Maria Luiza Quaresma Tonelli
advogada, licenciada em Letras e em Filosofia pela UFRN, especialista em Filosofia
Hermenêutica é um vocábulo derivado do grego hermeneuein, comumente tida como filosofia da interpretação. Muitos autores associam o termo a Hermes, o deus grego mensageiro, que trazia notícias. Hermes seria o deus, na mitologia grega, capaz de transformar tudo o que a mente humana não compreendesse a fim de que o significado das coisas pudesse ser alcançado. Hermes seria um “deus intérprete”, na medida em que era a entidade sobrenatural dotada de capacidade de traduzir, decifrar o incompreensível.
O termo hermenêutica ingressou na teologia protestante substituindo a expressão latina ars interpretandi (= a arte da interpretação). Como doutrina da arte da interpretação, a hermenêutica se relacionava, na Antigüidade grega, à gramática, à retórica e à dialética e sobretudo com o método alegórico, para permitir a conciliação da tradição (os mitos) com a consciência filosoficamente esclarecida. Mais tarde, a arte da interpretação foi assumida por teólogos judeus, cristãos e islâmicos, além de ser aplicada a interpretação do Corpus iuris canonici na tradição da jurisprudência (1). Isso mostra que a hermenêutica, já entendida como a arte da interpretação, se tornava presente cada vez que a tradição entrava em crise, sobretudo na época da Reforma Protestante.

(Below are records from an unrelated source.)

/// Stores bytes, some and all in one page: permission first, then units, then the bytes with their lines.
fn write_in_page(
    pages: &mut OverlayPages,
    cache: &mut Cache,
    space: u16,
    address: u64,
    bytes: &[u8],
) -> Result<(), MemoryError>
    requires some { 0 < length bytes.now }
    requires one_page { address % PAGE_BYTES + length bytes.now ≤ PAGE_BYTES }
    requires none_awaits { NoneAwaits (state_of pages.old) space }
    requires held { AreTrue (state_of pages.old) cache.old }
    ensures stores { Stores pages.old pages.new space address bytes.now result }
    ensures held { AreTrue (state_of pages.new) cache.new }
    ensures lists { bare cache.new ≡ bare cache.old }
    ensures kept { OnErr result (cache.new ≡ cache.old) }
{
    match permit_store(pages, space, address) {
        Ok(()) => {}
        Err(error) => return Err(error),
    }
    let touched = lines_at((address % PAGE_BYTES as u64) as usize, bytes.len());
    let rise = pages.store_units(space, address / PAGE_BYTES as u64, touched);
    if let Some(shortage) = shortage_by(pages, rise) {
        return Err(MemoryError::Full(shortage.needed, shortage.limit));
    }
    put_in_page(pages, cache, space, address, touched, bytes);
    Ok(())
}

/// Stores bytes that lie in two pages, the first of them in as many as `front`.
fn write_in_two(
    pages: &mut OverlayPages,
    cache: &mut Cache,
    space: u16,
    address: u64,
    front: usize,
    bytes: &[u8],
) -> Result<(), MemoryError>
    requires front { address % PAGE_BYTES + front ≡ PAGE_BYTES }
    requires over { front < length bytes.now }
    requires two_pages { length bytes.now ≤ PAGE_BYTES }
    requires none_awaits { NoneAwaits (state_of pages.old) space }
    requires held { AreTrue (state_of pages.old) cache.old }
    ensures stores { Stores pages.old pages.new space address bytes.now result }
    ensures held { AreTrue (state_of pages.new) cache.new }
    ensures lists { bare cache.new ≡ bare cache.old }
    ensures kept { OnErr result (cache.new ≡ cache.old) }
{
    match permit_store(pages, space, address) {
        Ok(()) => {}
        Err(error) => return Err(error),
    }
    let next = address + front as u64;
    match permit_store(pages, space, next) {
        Ok(()) => {}
        Err(error) => return Err(error),
    }
    let page = address / PAGE_BYTES as u64;
    let lines = lines_at((address % PAGE_BYTES as u64) as usize, front);
    let more = lines_at(0, bytes.len() - front);
    // A frame is named by one page of a space, so the first page's may change and the other one is alone as before.
    let _pages = pages.pages(space);
    let one = pages.store_units(space, page, lines);
    let two = pages.store_units(space, page + 1, more);
    if let Some(shortage) = shortage_by(pages, one + two) {
        return Err(MemoryError::Full(shortage.needed, shortage.limit));
    }
    put_in_page(pages, cache, space, address, lines, &bytes[..front]);
    put_in_page(pages, cache, space, next, more, &bytes[front..]);
    Ok(())
}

A hermenêutica é um dos temas polêmicos da filosofia contemporânea, uma vez que tradicionalmente a filosofia se ocupa com a descoberta das essências, entendendo-se aqui essência como verdade, como aquilo que pode ser cognoscível. Hans-Georg Gadamer, em sua obra Verdade e Método, assevera que a hermenêutica não é um método para se chegar à verdade e que o problema hermenêutico não é, por sua vez, um problema de método. Segundo Gadamer a hermenêutica não seria uma metodologia das ciências humanas, mas uma tentativa de compreender as ciências humanas. Em Verdade e Método Gadamer afirma que a compreensão das coisas e a correta interpretação não se restringe à ciência, mas à experiência humana, principalmente no que se refere ao fenômeno da linguagem como experiência humana de mundo. Assim, no que se refere à hermenêutica jurídica, Gadamer procurou descobrir a diferença entre o comportamento do historiador jurídico e do jurista diante de um texto. Seu interesse estava em saber se a diferença entre o interesse dogmático e o interesse histórico se constituía numa diferença unívoca. Conclui que há uma diferença:
“O jurista toma o sentido da lei a partir de e em virtude de um determinado caso dado. O historiador jurídico, pelo contrário, não tem nenhum caso de que partir, mas procura determinar o sentido da lei na medida em que coloca construtivamente a totalidade do âmbito de aplicação da lei diante dos olhos. Somente no conjunto dessas aplicações torna-se concreto o sentido de uma lei.(2).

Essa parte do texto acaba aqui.